In 1668 John Mayow, writing in London, stated that the atmosphere contained a constituent which supported combustion as well as animal life.
The modern era of the science of nutrition was opened by Lavoisier in 1780. He was the first to apply the balance and the thermometer to the investigation of the phenomena of life, and he declared "La vie est une fonction chimique." The work of today is but the continuation of that done a century and more ago. Lavoisier and Laplace made experiments on animal heat and respiration. The great German chemist Liebig received his early training in Paris, residing there in 1822. Liebig's conception of the processes of nutrition fired the genius of Voit to the painstaking researches which laid the foundation of his Munich school. These have been repeated and extended by his pupils, of whom Rubner is chief, and by others the world over. Thus the knowledge often transmitted personally from the master to the pupil, to be in turn elaborated, had its seed in the intellect of Lavoisier. It was he who first discovered the true importance of oxygen gas, to which he gave its present name. He declared that life processes were those of oxidation, with the resulting elimination of heat. He believed that oxygen was the cause of the decomposition of a fluid brought to the lungs, and that hydrogen and carbon were produced in this fluid and then united with oxygen to form water and carbon dioxid. He said that perspiration regulated the quantity of heat lost from the body and that digestion replenished the blood with the materials eliminated through respiration and perspiration. It was he who first made respiration experiments on man, the results of which are briefly described in a letter to Monsieur Terray,1 written in Paris and dated November 19, 1790. There is no existing record of the apparatus with which Lavoisier worked and early obtained the following results. The more important conclusions Lavoisier sums up as follows:
1. The quantity of oxygen absorbed by a resting man at a temperature of 260 C. is 1200 pouces de France2 hourly.
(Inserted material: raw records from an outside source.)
//! What a picture shows.
ghost use Rattle.std.specs.Prelude.{◌≡◌};

use crate::bars::Bar;
use crate::ticks::Tick;
use crate::window::Window;
use executor_model::Line;
use std::alloc::Allocator;
use std::marker::Model;

/// What a picture of a trace shows.
///
/// Contracts see the record of it, `Shown`.
#[derive(Drop)]
pub struct Picture<A: Allocator> {
    window: Window,
    workers: u8,
    bars: Vec<Bar, A>,
    marks: Vec<Line, A>,
    ticks: Vec<Tick, A>,
}

impl<A: Allocator> Model for Picture<A> {
    ghost use Rattle.trace_draw.specs.Pictures.{Shown};

    ghost Value = { Shown };

    ghost view = { λ p. record { window = p.window; workers = p.workers; bars = p.bars.items; marks = p.marks.items; ticks = p.ticks.items } };
}

impl<A: Allocator> Picture<A> {
    /// The picture that shows this.
    pub(crate) fn new(
        window: Window,
        workers: u8,
        bars: Vec<Bar, A>,
        marks: Vec<Line, A>,
        ticks: Vec<Tick, A>,
    ) -> Picture<A>
        ensures { result
            ≡ record {
              window = window;
              workers = workers;
              bars = bars.items;
              marks = marks.items;
              ticks = ticks.items;
            } }
    {
        Picture {
            window,
            workers,
            bars,
            marks,
            ticks,
        }
    }

    /// The part of time that it shows.
    pub fn window(&self) -> Window
        ensures { result ≡ self.now.window }
    {
        self.window
    }

    /// How many lanes it has: one a worker.
    pub fn workers(&self) -> u8
        ensures { result ≡ self.now.workers }
    {
        self.workers
    }

    /// The runs that it shows, in the order of their starts.
    pub fn bars(&self) -> &[Bar]
        ensures { result.now ≡ self.now.bars }
    {
        &self.bars
    }

    /// The lines that it shows as marks, in their order.
    pub fn marks(&self) -> &[Line]
        ensures { result.now ≡ self.now.marks }
    {
        &self.marks
    }

    /// The ticks of its axis, ascending.
    pub fn ticks(&self) -> &[Tick]
        ensures { result.now ≡ self.now.ticks }
    {
        &self.ticks
    }
}
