//! The ticks of an axis of time.
use sched_time::Unit;

/// A moment of the axis: it is `count` of `unit`.
#[derive(Clone, Copy, Debug, PartialEq, Eq)]
pub struct Tick {
    /// The moment, in nanoseconds.
    pub moment: u64,
    /// How many of the unit it is.
    pub count: u64,
    /// The unit, the same for each tick of a picture.
    pub unit: Unit,
}
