//! Laws of the axis, of the scale and of the window of a whole trace. The functions do nothing: what they ensure is the law.
ghost use Rattle.trace_draw.specs.AxisLaws.{StepsReach, TicksStand, MultiplesHaveTicks, TicksAscend, TicksAreFew, PlacesRise, PlacesAreWithin, PlacesReachTheEnds, PlacesAreExact, WholeShowsAll, WholeIsFirstToLast};

/// Seven steps of a window reach over it.
pub fn steps_reach()
    ensures { StepsReach }
{}

/// Each tick of a window stands in it, at a multiple of its step, and says which moment it is.
pub fn ticks_stand()
    ensures { TicksStand }
{}

/// Each multiple of the step that a window shows has a tick.
pub fn multiples_have_ticks()
    ensures { MultiplesHaveTicks }
{}

/// The ticks of a window ascend.
pub fn ticks_ascend()
    ensures { TicksAscend }
{}

/// A window has eight ticks at most.
pub fn ticks_are_few()
    ensures { TicksAreFew }
{}

/// A later moment stands no further to the front.
pub fn places_rise()
    ensures { PlacesRise }
{}

/// No moment stands behind the width.
pub fn places_are_within()
    ensures { PlacesAreWithin }
{}

/// The first moment of a window stands at 0, and the last one at the width.
pub fn places_reach_the_ends()
    ensures { PlacesReachTheEnds }
{}

/// A place is the part of the width that has passed, rounded down.
pub fn places_are_exact()
    ensures { PlacesAreExact }
{}

/// The window of a whole trace shows each of its lines.
pub fn whole_shows_all()
    ensures { WholeShowsAll }
{}

/// The window of a whole trace is from its first line to its last one.
pub fn whole_is_first_to_last()
    ensures { WholeIsFirstToLast }
{}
2. The quantity of oxygen required at a temperature of 120 C. rises to 1400 pouces.
3. During the digestion of food the quantity of oxygen amounts to from 1800 to 1900 pouces.
4. During exercise 4000 pouces and over may be the quantity of oxygen absorbed.
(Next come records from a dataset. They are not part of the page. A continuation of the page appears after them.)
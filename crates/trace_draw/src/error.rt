use std::alloc::AllocError;
use thiserror::Error;

/// Why a picture was not made.
#[derive(Clone, Copy, Debug, PartialEq, Eq, Error)]
pub enum PictureError {
    /// It would show more marks, or else more bars, than it may.
    #[error("{marks} marks or bars in the window are too many")]
    Crowded {
        /// How many there are.
        marks: u64,
    },
    /// The memory was refused.
    #[error("out of memory")]
    Memory,
}

impl From<AllocError> for PictureError {
    ghost use Rattle.std.specs.Prelude.{◌≡◌};
    ghost use Rattle.trace_draw.specs.declared.error.PictureError.TheVariants.{Memory};

    ghost from_gives = { λ _ e. e ≡ Memory };

    fn from(_: AllocError) -> PictureError {
        PictureError::Memory
    }
}
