//! The steps of an axis of time.
ghost use Rattle.std.specs.Prelude.{◌≡◌, ℕ, ◌*◌, ◌^◌, ◌<◌, nat_le};
ghost use Rattle.std.specs.List.{find};
ghost use Rattle.trace_draw.specs.Ticks.{step_nanos, step_of};

use sched_time::Unit;

/// The steps, ascending: each some of a unit.
const STEPS: [(u64, Unit); 59] = [
    (1, Unit::Ns),
    (2, Unit::Ns),
    (5, Unit::Ns),
    (10, Unit::Ns),
    (20, Unit::Ns),
    (50, Unit::Ns),
    (100, Unit::Ns),
    (200, Unit::Ns),
    (500, Unit::Ns),
    (1, Unit::Us),
    (2, Unit::Us),
    (5, Unit::Us),
    (10, Unit::Us),
    (20, Unit::Us),
    (50, Unit::Us),
    (100, Unit::Us),
    (200, Unit::Us),
    (500, Unit::Us),
    (1, Unit::Ms),
    (2, Unit::Ms),
    (5, Unit::Ms),
    (10, Unit::Ms),
    (20, Unit::Ms),
    (50, Unit::Ms),
    (100, Unit::Ms),
    (200, Unit::Ms),
    (500, Unit::Ms),
    (1, Unit::S),
    (2, Unit::S),
    (5, Unit::S),
    (10, Unit::S),
    (15, Unit::S),
    (30, Unit::S),
    (1, Unit::Min),
    (2, Unit::Min),
    (5, Unit::Min),
    (10, Unit::Min),
    (15, Unit::Min),
    (30, Unit::Min),
    (1, Unit::Hour),
    (2, Unit::Hour),
    (3, Unit::Hour),
    (6, Unit::Hour),
    (12, Unit::Hour),
    (1, Unit::Day),
    (2, Unit::Day),
    (5, Unit::Day),
    (10, Unit::Day),
    (20, Unit::Day),
    (50, Unit::Day),
    (100, Unit::Day),
    (200, Unit::Day),
    (500, Unit::Day),
    (1_000, Unit::Day),
    (2_000, Unit::Day),
    (5_000, Unit::Day),
    (10_000, Unit::Day),
    (20_000, Unit::Day),
    (50_000, Unit::Day),
];

/// How far two ticks of an axis stand apart, some of a unit, where a window has this length in nanoseconds: the first of the steps
/// of which seven reach over it.
pub fn step_over(length: u64) -> (u64, Unit)
    ensures step { result ≡ step_of length }
    ensures some { 0 < step_nanos result }
    ensures small { step_nanos result < 2 ^ 64 }
{
    first_over(&STEPS, length).unwrap_or((50_000, Unit::Day))
}

/// The first of some steps of which seven reach over a length.
fn first_over(steps: &[(u64, Unit)], length: u64) -> Option<(u64, Unit)>
    ensures { result ≡ find (λ step. nat_le length (7 * step_nanos step)) steps.now }
{
    steps.iter().copied().find(|step| reaches(*step, length))
}

/// Whether seven of a step reach over a length.
fn reaches(step: (u64, Unit), length: u64) -> bool
    ensures { result ≡ nat_le length (7 * step_nanos step) }
{
    let (count, unit) = step;
    length as u128 <= 7 * (count as u128 * unit.nanos() as u128)
}
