//! That `==` tells whether two values are one. The functions do nothing: what they ensure is the law.
ghost use Rattle.std.specs.Prelude.{◌≡◌, ◌↔◌, true};

use crate::bars::{Bar, Finish};
use crate::error::PictureError;
use crate::ticks::Tick;
use crate::window::Window;

/// Two windows compare as equal exactly when they are the same.
pub fn window_equality_tells()
    ensures { (a b : Window) → (⟦<Window as PartialEq>⟧.eq a b ≡ true) ↔ (a ≡ b) }
{}

/// Two finishes compare as equal exactly when they are the same.
pub fn finish_equality_tells()
    ensures { (a b : Finish) → (⟦<Finish as PartialEq>⟧.eq a b ≡ true) ↔ (a ≡ b) }
{}

/// Two bars compare as equal exactly when they are the same.
pub fn bar_equality_tells()
    ensures { (a b : Bar) → (⟦<Bar as PartialEq>⟧.eq a b ≡ true) ↔ (a ≡ b) }
{}

/// Two ticks compare as equal exactly when they are the same.
pub fn tick_equality_tells()
    ensures { (a b : Tick) → (⟦<Tick as PartialEq>⟧.eq a b ≡ true) ↔ (a ≡ b) }
{}

/// Two errors of a picture compare as equal exactly when they are the same.
pub fn picture_error_equality_tells()
    ensures { (a b : PictureError) → (⟦<PictureError as PartialEq>⟧.eq a b ≡ true) ↔ (a ≡ b) }
{}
These remarkable results are in strict accord with the knowledge of our own day. We know more details, but the fundamental fact that the quantity of oxygen absorbed and of carbon dioxid excreted depends primarily on (1) food, (2) work, and (3) temperature was established by Lavoisier within a few years after his discovery that oxygen supported combustion. Writing in 1849 Regnault and Reiset say, "Les recherches modernes ont confirme ces vues profondes de lillustre savant".
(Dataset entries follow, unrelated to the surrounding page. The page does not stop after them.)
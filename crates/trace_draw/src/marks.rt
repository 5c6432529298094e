//! The lines that are marks.
ghost use Rattle.std.specs.Prelude.{◌≡◌, ◌&&◌};
ghost use Rattle.trace_draw.specs.Marks.{is_mark, shows};

use crate::window::Window;
use executor_model::{Answer, Line, Message};

/// Whether a line is a mark: it starts no run, finishes none, and is no purge.
pub fn is_mark(line: &Line) -> bool
    ensures { result ≡ is_mark line.now.message }
{
    !matches!(
        line.message(),
        Message::Answer(Answer::Start { .. } | Answer::Finish { .. } | Answer::Purge)
    )
}

/// Whether a window shows a moment.
pub fn shows(window: Window, moment: u64) -> bool
    ensures { result ≡ shows window moment }
{
    window.from() <= moment && moment <= window.to()
}
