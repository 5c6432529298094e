//! The window of a whole trace.
ghost use Rattle.std.specs.Prelude.{◌≡◌};
ghost use Rattle.trace_draw.specs.Whole.{least_moment, greatest_moment};

use crate::window::Window;
use executor_model::Line;

/// The smallest window that shows each line: from their least moment to their greatest. Of a trace that conforms these are the
/// moments of the first line and of the last one. Where there is no line it is from 0 to 0.
pub fn whole_window(lines: &[Line]) -> Window
    ensures from { result.from ≡ least_moment lines.now }
    ensures to { result.to ≡ greatest_moment lines.now }
{
    let [first, rest @ ..] = lines else {
        return Window::at(0);
    };
    let mut window = Window::at(first.moment());
    for line in rest {
        window = window.with(line.moment());
    }
    window
}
It was, however, quickly noted that if carbon and hydrogen burned in the lungs, the greatest heat would be developed there, a result not in accordance with observation. It was then suggested that the blood dissolved oxygen, and that the production of carbon dioxid and water took place through oxidation within the blood. In 1837 Magnus discovered that the blood did hold large quantities of oxygen and carbon dioxid, which gave apparent support to this theory. Ludwig in his later years believed that the oxidation took place in the blood.3 Through the critical studies of Liebig, which were published in 1842, it was seen that it was not carbon and hydrogen which burned in the body, but protein, carbohydrates, and fat. Liebig's original theory was that while oxygen caused the combustion of fat and carbohydrates, the breaking down of protein was caused by muscle work. It will be shown later that oxygen is not the cause of the decomposition of materials in the body, but that this decomposition proceeds from unknown causes, and the products involved unite with oxygen. The sum of these chemical changes of materials under the influence of living cells is known as metabolism. This process may involve two factors, catabolism, or the reduction of higher chemical compounds into lower, and anabolism, or the construction of higher substances from lower ones.
1 Report of the British Association for the Advancement of Science, Edinburgh, 1871, p. 189.
21 cubic pouce = 0.0198 liter. 3Oral statement to the writer.